Audit-Ref: SECURITY_AUDIT.md finding #3
Severity: Medium
The log.debug(f" params: {params}") line in search() previously
dumped login + api_key to the booru logger at DEBUG level. Route
the params dict through redact_params() so the keys are replaced
with *** before formatting.
Audit-Ref: SECURITY_AUDIT.md finding #3
Severity: Medium
The httpx request event hook converts request.url to a str so
log_connection can parse it — at that point the credential query
params (login, api_key, etc.) are in scope and could be captured
by any traceback, debug hook, or monitoring agent observing the
hook call. Pipe through redact_url() first so the rendered string
never carries the secrets, even transiently.

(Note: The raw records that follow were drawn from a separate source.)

#![tactic(auto, using(crate::proofs::WordLemmas::words))]

ghost use Rattle.std.specs.Prelude.{◌≡◌, IfOk, option_map, string_bytes};
ghost use Rattle.serde_json.specs.Find.{as_str};
ghost use Rattle.serde_json.specs.View.{items_view, view as data_of};
ghost use Rattle.xarch_words.specs.View.{words_view};
ghost use Rattle.xarch_run.specs.Words.{json_of, texts_of, words_of};

use serde_json::Value;
use std::alloc::{AllocError, Global};

/// The words of a line, where it is a JSON array of strings.
pub(crate) fn read_line_words(alloc: Global, line: &[u8]) -> Result<Option<Vec<String>>, AllocError>
    ensures { IfOk result (λ o. option_map (λ v. words_view v.items) o ≡ words_of line.now) }
{
    match json_value(alloc, line)? {
        Some(Value::Array(values)) => texts(alloc, values),
        _ => Ok(None),
    }
}

/// The JSON value of some bytes.
fn json_value(alloc: Global, bytes: &[u8]) -> Result<Option<Value>, AllocError>
    ensures { IfOk result (λ o. option_map data_of o ≡ json_of bytes.now) }
{
    match Value::from_slice(alloc, bytes) {
        Ok(value) => Ok(Some(value)),
        Err(error) => if error.is_memory() {
            Err(AllocError)
        } else {
            Ok(None)
        },
    }
}

/// The texts of values that are all strings. They are moved out of the values, and not copied.
fn texts(alloc: Global, values: Vec<Value>) -> Result<Option<Vec<String>>, AllocError>
    ensures { IfOk result (λ o. option_map (λ v. words_view v.items) o
        ≡ texts_of (items_view values.items)) }
{
    let mut texts = Vec::with_capacity(alloc, values.len())?;
    for value in values {
        match text_in(value) {
            Some(text) => texts.push(text)?,
            None => return Ok(None),
        }
    }
    Ok(Some(texts))
}

/// The text of a string.
fn text_in(value: Value) -> Option<String>
    ensures { option_map string_bytes result ≡ as_str (data_of value) }
{
    match value {
        Value::String(text) => Some(text),
        _ => None,
    }
}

Audit-Ref: SECURITY_AUDIT.md finding #3
Severity: Medium
detect_site_type constructs a fresh BooruClient._shared_client
directly (bypassing the BooruClient.client property) for the
/posts.json, /index.php, and /post.json probes. The hooks set
here are the ones installed on that initial construction — if
detection runs before any BooruClient instance's .client is
accessed, the shared singleton must still have SSRF validation
and connection logging.
This additionally closes finding #16 for the detect client — site
detection requests now appear in the connection log instead of
being invisible.
behavior change from v0.2.5: Test Connection from the site dialog
now rejects private-IP targets. Adding a local/RFC1918 booru via
the "auto-detect type" dialog will fail with "blocked request
target ..." instead of probing it. Explicit api_type selection
still goes through the BooruClient.client path, which is also
now protected.
Audit-Ref: SECURITY_AUDIT.md finding #1
Also-Closes: SECURITY_AUDIT.md finding #16 (detect half)
Severity: High
E621 maintains its own httpx.AsyncClient because their TOS requires
a per-user User-Agent string that BooruClient's shared client can't
carry. The client is rebuilt on User-Agent change, so the hook must
be installed in the same construction path.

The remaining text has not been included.